# p?lahrd

Reduces the first nb columns of a general rectangular matrix A so that elements below the k-th subdiagonal are zero, by an orthogonal/unitary transformation, and returns auxiliary matrices that are needed to apply the transformation to the unreduced part of A.

## Syntax

call pslahrd(n, k, nb, a, ia, ja, desca, tau, t, y, iy, jy, descy, work)

call pdlahrd(n, k, nb, a, ia, ja, desca, tau, t, y, iy, jy, descy, work)

call pclahrd(n, k, nb, a, ia, ja, desca, tau, t, y, iy, jy, descy, work)

call pzlahrd(n, k, nb, a, ia, ja, desca, tau, t, y, iy, jy, descy, work)

## Description

The p?lahrd routine reduces the first nb columns of a real general n-by-(n-k+1) distributed matrix `A(ia:ia+n-1 , ja:ja+n-k)` so that elements below the k-th subdiagonal are zero. The reduction is performed by an orthogonal/unitary similarity transformation Q'*A*Q. The routine returns the matrices V and T which determine Q as a block reflector `I-V*T*V'`, and also the matrix `Y = A*V*T`.

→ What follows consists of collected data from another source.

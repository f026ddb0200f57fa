// A source and a sink over memory, which cut and fail where they are told to.
ghost use Rattle.std.specs.Prelude.{◌≡◌, ◌<◌, ◌≤◌, ◌↔◌, ◌⊎◌, ℕ, Some, [], Contains, IfOk, IsErr, length};
ghost use Rattle.std.specs.Io.{ReadsAtMost};
ghost use Rattle.std.specs.Io.KnownBytes.{ReadConsumes, WriteAppends};
ghost use Rattle.seam_io.specs.Causes.{HasCause, CountsEnds, next_count};
ghost use Rattle.seam_io.specs.MemSource.{cut_of, share};
ghost use Rattle.seam_io.specs.MemSink.{fitting};

use crate::{Failed, Sink, Source};
use std::alloc::{AllocError, Global};
use std::marker::Model;

/// A source of bytes that lie in memory, which it tells.
#[derive(Drop)]
pub struct MemSource {
    bytes: Vec<u8>,
    cuts: Vec<u32>,
    fails: Vec<u64>,
    at: usize,
    reads: u64,
    faults: u64,
    ends: u64,
}

impl Model for MemSource {
    ghost use Rattle.std.specs.Prelude.{◌≤◌, drop, vec_len};
    ghost use Rattle.seam_io.specs.MemSource.{Supply};

    ghost Value = { Supply };

    ghost view = { λ s. record {
      left = drop s.at s.bytes.items;
      cuts = s.cuts.items;
      fails = s.fails.items;
      reads = s.reads;
      faults = s.faults;
      ends = s.ends;
    } };

    ghost invariant = { λ s. s.at ≤ vec_len s.bytes };
}

impl MemSource {
    /// A source that gives `bytes`.
    ///
    /// Its k-th read gives at most `cuts[k - 1]` bytes, where a cut of 0 counts as 1, and without such an entry as many
    /// as fit. The reads whose numbers are in `fails`, counted from 1, fail.
    pub fn new(bytes: Vec<u8>, cuts: Vec<u32>, fails: Vec<u64>) -> Self
        ensures { result ≡ record {
          left = bytes.items;
          cuts = cuts.items;
          fails = fails.items;
          reads = 0;
          faults = 0;
          ends = 0;
        } }
    {
        MemSource {
            bytes,
            cuts,
            fails,
            at: 0,
            reads: 0,
            faults: 0,
            ends: 0,
        }
    }
}

// At most how many bytes a read gives into so much room, after so many reads.
fn cut_at(cuts: &[u32], reads: u64, room: usize) -> usize
    requires { 0 < room }
    ensures cut { result ≡ cut_of cuts.now reads room }
    ensures some { 0 < result }
{
    match usize::try_from(reads) {
        Ok(place) => match cuts.get(place) {
            Some(cut) => (*cut).max(1) as usize,
            None => room,
        },
        Err(_) => room,
    }
}

impl Source for MemSource {
    ghost state = { λ s. record { left = Some s.left; faults = s.faults; ends = s.ends } };

    fn read(&mut self, buf: &mut [u8]) -> Result<usize, Failed>
        requires { 0 < length buf.old }
        ensures bound { ReadsAtMost result buf.new }
        ensures bytes { ReadConsumes (Some self.old.left) (Some self.new.left) result buf.new }
        ensures end { CountsEnds self.old.ends self.new.ends result }
        ensures cause { HasCause self.old.faults self.new.faults result }
        ensures number { self.new.reads ≡ next_count self.old.reads }
        ensures fails { IsErr result ↔ Contains self.old.fails self.new.reads }
        ensures count { IfOk result (λ n. n ≡ share self.old (length buf.old)) }
        ensures kept { (self.new.cuts ≡ self.old.cuts) × (self.new.fails ≡ self.old.fails) }
    {
        let cut = cut_at(&self.cuts, self.reads, buf.len());
        self.reads = self.reads.saturating_add(1);
        if self.fails.contains(&self.reads) {
            self.faults = self.faults.saturating_add(1);
            return Err(Failed);
        }
        let count = cut.min(buf.len()).min(self.bytes.len() - self.at);
        if count == 0 {
            self.ends = self.ends.saturating_add(1);
            return Ok(0);
        }
        buf[..count].copy_from_slice(&self.bytes[self.at..self.at + count]);
        self.at += count;
        Ok(count)
    }
}

/// A sink into memory, which tells the bytes that it took.
#[derive(Drop)]
pub struct MemSink {
    bytes: Vec<u8>,
    limit: usize,
    fails: Vec<u64>,
    writes: u64,
    faults: u64,
}

impl Model for MemSink {
    ghost use Rattle.std.specs.Prelude.{◌≤◌, vec_len, vec_capacity};
    ghost use Rattle.seam_io.specs.MemSink.{Tray};

    ghost Value = { Tray };

    ghost view = { λ s. record {
      bytes = s.bytes.items;
      limit = s.limit;
      fails = s.fails.items;
      writes = s.writes;
      faults = s.faults;
    } };

    ghost invariant = { λ s. (vec_len s.bytes ≤ s.limit) × (s.limit ≤ vec_capacity s.bytes) };
}

impl MemSink {
    /// A sink with room for `limit` bytes, which is taken here.
    ///
    /// A write takes what still fits. It fails where nothing fits, or where its number, counted from 1, is in
    /// `fails`. The error is want of memory.
    pub fn new(alloc: Global, limit: u32, fails: Vec<u64>) -> Result<Self, AllocError>
        ensures { IfOk result (λ s. s ≡ record {
          bytes = [];
          limit = limit;
          fails = fails.items;
          writes = 0;
          faults = 0;
        }) }
    {
        let limit = limit as usize;
        Ok(MemSink {
            bytes: Vec::with_capacity(alloc, limit)?,
            limit,
            fails,
            writes: 0,
            faults: 0,
        })
    }

    /// The bytes that were written.
    pub fn bytes(&self) -> &[u8]
        ensures { result.now ≡ self.now.bytes }
    {
        &self.bytes
    }
}

impl Sink for MemSink {
    ghost state = { λ s. record { written = Some s.bytes; faults = s.faults } };

    fn write(&mut self, piece: &[u8]) -> Result<usize, Failed>
        requires { 0 < length piece.now }
        ensures bound { IfOk result (λ n. (0 < n) × (n ≤ length piece.now)) }
        ensures bytes { WriteAppends (Some self.old.bytes) (Some self.new.bytes) result piece.now }
        ensures cause { HasCause self.old.faults self.new.faults result }
        ensures number { self.new.writes ≡ next_count self.old.writes }
        ensures fails { IsErr result ↔ ((self.old.limit ≡ length self.old.bytes) ⊎
            Contains self.old.fails self.new.writes) }
        ensures count { IfOk result (λ n. n ≡ fitting self.old (length piece.now)) }
        ensures kept { (self.new.limit ≡ self.old.limit) × (self.new.fails ≡ self.old.fails) }
    {
        self.writes = self.writes.saturating_add(1);
        let count = piece.len().min(self.limit - self.bytes.len());
        if count == 0 || self.fails.contains(&self.writes) {
            self.faults = self.faults.saturating_add(1);
            return Err(Failed);
        }
        self.bytes.extend_from_slice(&piece[..count]).unwrap();
        Ok(count)
    }
}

This is an auxiliary routine called by p?gehrd. In the following comments sub(A) denotes A`(ia:ia+n-1`, `ja:ja+n-1)`.

## Input Parameters

n

(global) INTEGER.

The order of the distributed matrix sub(A). `n ≥ 0`.

k

(global) INTEGER.

The offset for the reduction. Elements below the k-th subdiagonal in the first nb columns are reduced to zero.

nb

(global) INTEGER.

The number of columns to be reduced.

a

(local).

REAL for pslahrd

DOUBLE PRECISION for pdlahrd

COMPLEX for pclahrd

COMPLEX*16 for pzlahrd.

Pointer into the local memory to an array of size (lld_a, LOCc(`ja+n-k`)). On entry, this array contains the local pieces of the n-by-(n-k+1) general distributed matrix `A(ia:ia+n-1`, `ja:ja+n-k`).

ia, ja

(global) INTEGER. The row and column indices in the global matrix A indicating the first row and the first column of the matrix sub(A), respectively.

desca

(global and local) INTEGER array of size dlen_. The array descriptor for the distributed matrix A.

iy, jy

(global) INTEGER. The row and column indices in the global matrix Y indicating the first row and the first column of the matrix sub(Y), respectively.

descy

(global and local) INTEGER array of size dlen_. The array descriptor for the distributed matrix Y.

work

(local).

REAL for pslahrd

DOUBLE PRECISION for pdlahrd

COMPLEX for pclahrd

COMPLEX*16 for pzlahrd.

Array of size nb.

## Output Parameters

a

(local).

On exit, the elements on and above the k-th subdiagonal in the first nb columns are overwritten with the corresponding elements of the reduced distributed matrix; the elements below the k-th subdiagonal, with the array tau, represent the matrix Q as a product of elementary reflectors. The other columns of `A(ia:ia+n-1`, `ja:ja+n-k`) are unchanged. (See Application Notes below.)

tau

(local)

REAL for pslahrd

DOUBLE PRECISION for pdlahrd

COMPLEX for pclahrd

COMPLEX*16 for pzlahrd.

Array of size LOCc(`ja+n`-2). The scalar factors of the elementary reflectors (see Application Notes below). tau is tied to the distributed matrix A.

t

(local) REAL for pslahrd

DOUBLE PRECISION for pdlahrd

COMPLEX for pclahrd

COMPLEX*16 for pzlahrd.

Array of size nb_a by nb_a. The upper triangular matrix T.

y

(local).

REAL for pslahrd

DOUBLE PRECISION for pdlahrd

COMPLEX for pclahrd

COMPLEX*16 for pzlahrd.

Pointer into the local memory to an array of size lld_y by nb_a. On exit, this array contains the local pieces of the n-by-nb distributed matrix Y. lld_y LOCr(`ia+n`-1).

## Application Notes

The matrix Q is represented as a product of nb elementary reflectors

`Q = H(1)*H(2)*...*H(nb)`.

Each `H(i)` has the form

`H(i) = i-tau*v*v'`,

where tau is a real/complex scalar, and v is a real/complex vector with v(1: i+k-1)= 0, v(i+k)= 1; v(i+k+1:n) is stored on exit in A(ia+i+k:ia+n-1, ja+i-1), and tau in tau(ja+i-1).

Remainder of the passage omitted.